Now, the functional dependency {Employee ID, Project ID} -> {Employee Name, Project Name} holds, and both tables are in BCNF. Redundancy is reduced, and each table represents a single entity without duplication.

In essence, BCNF ensures that every non-trivial functional dependency in a table is based on a superkey, reducing redundancy and improving data integrity in the database.


---
---
---

## ER Diagram

ER diagram stands for Entity-Relationship diagram. It is a graphical representation
of entities and their relationships to each other. ER diagrams are used in database
design to visualize the entities, attributes, and relationships involved in a system.

There are three basic types of relationships in an ER diagram:

1. __One-to-One (1:1) :__ Each entity in one set is associated with only one entity
in the other set, and vice versa.


2. __One-to-Many (1:N) :__ Each entity in one set is associated with one or more
entities in the other set, but each entity in the other set is associated with
only one entity in the first set.


3. __Many-to-Many (N:M) :__ Each entity in one set is associated with one or
more entities in the other set, and each entity in the other set is
associated with one or more entities in the first set.

eg : 

![image.png](attachment:image.png)

---
---

## SQL Injection

SQL injection is an attempt to access a website's database tables by injecting SQL into a form field. 

SQL Injection is a type of cyber attack where malicious individuals manipulate a website's input fields to trick the website's database into revealing sensitive information or performing unintended actions. It occurs when a website doesn't properly handle user input, allowing attackers to insert their malicious SQL code into input fields.


By executing their own SQL code, hackers can upgrade their account access, view someone else's private
information, or make any other modifications to the database


**How SQL Injection Works:**
1. Websites use databases to store and retrieve data. They often use SQL (Structured Query Language) to interact with the database.


2. Attackers input malicious SQL code into a website's input fields (like search boxes or login forms).

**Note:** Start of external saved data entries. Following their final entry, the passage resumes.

// One entry of a query's sections: what its bytes are held to, and the lowest byte that meets a refusal 5 to 8.
#![tactic(auto)]

ghost use Rattle.std.specs.Prelude.{◌≡◌, ◌+◌, ◌*◌, ◌≤◌, ◌<◌, length, get_or, drop};
ghost use Rattle.logic.specs.Search.{or_else};
ghost use Rattle.logic.specs.Query.{entry_role, sign_role, term_role, role_fault};
ghost use Rattle.refusals.specs.Numbers.{number_of};
ghost use Rattle.byte_tests.specs.Meets.{counted_role};
ghost use Rattle.entries.specs.Entries.{width_of, roles_at, fault_at, section_fault, found_of, concerned, flag_allowed, literal_allowed, Passes};
ghost use Rattle.entries.specs.Links.{linked_terms, linked_pairs, linked_width, link_at, links_from};

use refusals::Fault;
use rows::Term;

// What the bytes of a section's entries are held to: equalities and reachability literals are pairs of terms. With three links (02, R-11) a
// link stands before the byte of a term, and before the terms of a reachability literal.
#[derive(Clone, Copy)]
pub enum Kind {
    Terms,
    Pairs,
    Fields,
    Booleans,
    LinkedTerms,
    LinkedPairs,
}

// The entries that hold a link.
#[derive(Clone, Copy)]
pub enum Linked {
    Terms,
    Pairs,
}

// The byte at a place of the query.
pub fn byte_at(query: &[u8], place: usize) -> usize
    requires { place < length query.now }
    ensures { result ≡ get_or query.now place 0 }
{
    query[place] as usize
}

// A number from 1 to `most`, and what is wrong with any other.
#[derive(Clone, Copy)]
struct Numbers {
    own: Fault,
    most: usize,
}

// The lowest byte of an entry that meets a refusal: of a term, of a boolean literal with its number at `left`, and of a literal with two
// numbers from `left` on.
fn term_fault(fault: Fault, t: Term, query: &[u8], at: usize) -> Option<usize>
    requires { at + 1 ≤ length query.now }
    ensures { found_of result ≡ fault_at (entry_role t.0) (number_of fault) query.now at }
{
    if byte_tests::entry_refused(fault.number(), t.0, byte_at(query, at)) {
        return Some(at);
    }
    None
}

fn flag_fault(fault: Fault, numbers: Numbers, query: &[u8], at: usize, left: usize) -> Option<usize>
    requires { (at < left) × (left + 1 ≤ length query.now) }
    ensures { found_of result ≡ or_else (fault_at sign_role (number_of fault) query.now at) (fault_at (counted_role (number_of numbers.own) numbers.most) (number_of fault) query.now left) }
{
    if byte_tests::sign_refused(fault, byte_at(query, at)) {
        return Some(at);
    }
    if byte_tests::number_refused(fault, numbers.own, numbers.most, byte_at(query, left)) {
        return Some(left);
    }
    None
}

fn literal_fault(
    fault: Fault,
    numbers: Numbers,
    n: usize,
    query: &[u8],
    at: usize,
    left: usize,
) -> Option<usize>
    requires { (at < left) × (left + 2 ≤ length query.now) }
    ensures { found_of result ≡ or_else (or_else (fault_at sign_role (number_of fault) query.now at) (fault_at (counted_role (number_of numbers.own) numbers.most) (number_of fault) query.now left)) (fault_at (term_role n) (number_of fault) query.now (left + 1)) }
{
    if let Some(place) = flag_fault(fault, numbers, query, at, left) {
        return Some(place);
    }
    let right = left + 1;
    if byte_tests::number_refused(fault, Fault::TermNumber, n, byte_at(query, right)) {
        return Some(right);
    }
    None
}

// Entry i, by the kind of its section.
fn entry_fault(
    fault: Fault,
    kind: Kind,
    n: usize,
    i: usize,
    query: &[u8],
    at: usize,
) -> Option<usize>
    requires { at + width_of kind ≤ length query.now }
    ensures { found_of result ≡ role_fault (number_of fault) at (roles_at kind n i) (drop at query.now) }
{
    let terms = Numbers {
        own: Fault::TermNumber,
        most: n,
    };
    let fields = Numbers {
        own: Fault::FieldNumber,
        most: 8,
    };
    match kind {
        Kind::Terms => term_fault(fault, Term(i), query, at),
        Kind::Pairs => literal_fault(fault, terms, n, query, at, at + 1),
        Kind::Fields => literal_fault(fault, fields, n, query, at, at + 1),
        Kind::Booleans => flag_fault(fault, fields, query, at, at + 1),
        Kind::LinkedTerms => term_fault(fault, Term(i), query, at + 1),
        Kind::LinkedPairs => literal_fault(fault, terms, n, query, at, at + 2),
    }
}

// The bytes of an entry.
pub fn width(kind: Kind) -> usize
    ensures { result ≡ width_of kind }
{
    match kind {
        Kind::Terms => 1,
        Kind::Pairs => 3,
        Kind::Fields => 3,
        Kind::Booleans => 2,
        Kind::LinkedTerms => 2,
        Kind::LinkedPairs => 4,
    }
}

// Some byte of an entry is held to a refusal: where none is, a section need not be searched.
fn concerned(kind: Kind, fault: Fault) -> bool
    ensures { result ≡ concerned kind (number_of fault) }
{
    match kind {
        Kind::Terms | Kind::LinkedTerms => fault == Fault::TermByte,
        Kind::Pairs | Kind::LinkedPairs => (fault == Fault::Sign) | (fault == Fault::TermNumber),
        Kind::Fields => (fault == Fault::Sign)
            | (fault == Fault::TermNumber)
            | (fault == Fault::FieldNumber),
        Kind::Booleans => (fault == Fault::Sign) | (fault == Fault::FieldNumber),
    }
}

// The lowest byte that meets a refusal, among `count` entries at `at`.
pub fn section_fault(
    fault: Fault,
    kind: Kind,
    n: usize,
    query: &[u8],
    at: usize,
    count: usize,
) -> Option<usize>
    requires { at + count * width_of kind ≤ length query.now }
    ensures { found_of result ≡ section_fault (number_of fault) kind n at count query.now }
{
    if !concerned(kind, fault) {
        return None;
    }
    let step = width(kind);
    let mut place = at;
    for i in 0..count {
        if let Some(found) = entry_fault(fault, kind, n, i + 1, query, place) {
            return Some(found);
        }
        place += step;
    }
    None
}

// Every byte of an entry is allowed: of a boolean literal, of a literal with two numbers, and of any entry, by the kind of its section.
fn flag_passes(most: usize, query: &[u8], at: usize, left: usize) -> bool
    requires { (at < left) × (left + 1 ≤ length query.now) }
    ensures { result ≡ flag_allowed most query.now at left }
{
    let sign = byte_tests::sign_allowed(byte_at(query, at));
    let number = byte_tests::number_allowed(most, byte_at(query, left));
    sign & number
}

fn literal_passes(most: usize, n: usize, query: &[u8], at: usize, left: usize) -> bool
    requires { (at < left) × (left + 2 ≤ length query.now) }
    ensures { result ≡ literal_allowed most n query.now at left }
{
    let flag = flag_passes(most, query, at, left);
    let right = byte_tests::number_allowed(n, byte_at(query, left + 1));
    flag & right
}

fn entry_passes(kind: Kind, n: usize, i: usize, query: &[u8], at: usize) -> bool
    requires { at + width_of kind ≤ length query.now }
    ensures { Passes result (λ k. role_fault k at (roles_at kind n i) (drop at query.now)) }
{
    match kind {
        Kind::Terms => byte_tests::entry_allowed(i, byte_at(query, at)),
        Kind::Pairs => literal_passes(n, n, query, at, at + 1),
        Kind::Fields => literal_passes(8, n, query, at, at + 1),
        Kind::Booleans => flag_passes(8, query, at, at + 1),
        Kind::LinkedTerms => byte_tests::entry_allowed(i, byte_at(query, at + 1)),
        Kind::LinkedPairs => literal_passes(n, n, query, at, at + 2),
    }
}

// No byte meets a refusal 5 to 8, among `count` entries at `at`. Most queries pass, and this looks at each byte once, where the places of
// four refusals are searched one after the other.
pub fn section_passes(kind: Kind, n: usize, query: &[u8], at: usize, count: usize) -> bool
    requires { at + count * width_of kind ≤ length query.now }
    ensures { Passes result (λ k. section_fault k kind n at count query.now) }
{
    let step = width(kind);
    let mut place = at;
    for i in 0..count {
        if !entry_passes(kind, n, i + 1, query, place) {
            return false;
        }
        place += step;
    }
    true
}

// The link byte of an entry, where it may not stand there: of a term, and of a reachability literal.
fn term_link_fault(query: &[u8], at: usize) -> Option<usize>
    requires { at + 2 ≤ length query.now }
    ensures { found_of result ≡ link_at linked_terms query.now at }
{
    let link = byte_at(query, at);
    if byte_tests::may_precede(link, byte_at(query, at + 1)) {
        return None;
    }
    Some(at)
}

fn pair_link_fault(query: &[u8], at: usize) -> Option<usize>
    requires { at + 4 ≤ length query.now }
    ensures { found_of result ≡ link_at linked_pairs query.now at }
{
    let place = at + 1;
    if byte_tests::is_link(byte_at(query, place)) {
        return None;
    }
    Some(place)
}

fn entry_link_fault(linked: Linked, query: &[u8], at: usize) -> Option<usize>
    requires { at + linked_width linked ≤ length query.now }
    ensures { found_of result ≡ link_at linked query.now at }
{
    match linked {
        Linked::Terms => term_link_fault(query, at),
        Linked::Pairs => pair_link_fault(query, at),
    }
}

fn linked_width(linked: Linked) -> usize
    ensures { result ≡ linked_width linked }
{
    match linked {
        Linked::Terms => 2,
        Linked::Pairs => 4,
    }
}

// "22 (the lowest such link byte)", among `count` entries at `at`.
pub fn link_fault(linked: Linked, query: &[u8], at: usize, count: usize) -> Option<usize>
    requires { at + count * linked_width linked ≤ length query.now }
    ensures { found_of result ≡ links_from linked query.now count at }
{
    let step = linked_width(linked);
    let mut place = at;
    for _ in 0..count {
        if let Some(found) = entry_link_fault(linked, query, place) {
            return Some(found);
        }
        place += step;
    }
    None
}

3. If the website doesn't validate or sanitize the input properly, the attacker's SQL code gets combined with the legitimate SQL code.


4. This combination of code can trick the database into doing something harmful, like revealing sensitive data or modifying the database.

**Example:**
Imagine a login form where you input your username and password. If the website doesn't properly validate the input and an attacker inputs something like:

```
username: admin' OR '1'='1
password: somepassword
```

The SQL code that the website sends to the database might end up looking like:

```sql
SELECT * FROM users WHERE username='admin' OR '1'='1' AND password='somepassword';
```

The `'1'='1'` part always evaluates to true, so the attacker might gain unauthorized access.

**How to Avoid SQL Injection:**


1. **Use Prepared Statements:** Instead of directly embedding user input into SQL queries, use parameterized queries or prepared statements provided by your programming language or framework. These methods automatically sanitize input, preventing SQL Injection.


2. **Input Validation:** Validate and sanitize user input before sending it to the database. Check if the input matches the expected format and type.


3. **Escape User Input:** If you can't use prepared statements, escape user input by converting special characters to their safe counterparts before using them in SQL queries.


4. **Least Privilege:** Make sure your database users only have the necessary permissions. This limits the potential damage if an attacker gets in.


5. **Error Handling:** Don't show detailed error messages to users. Attackers can exploit these messages to understand your database structure.


6. **Update and Patch:** Keep your software, database, and libraries up to date. Security vulnerabilities are often fixed in updates.


7. **Web Application Firewall (WAF):** Implement a WAF that can help detect and block SQL Injection attempts.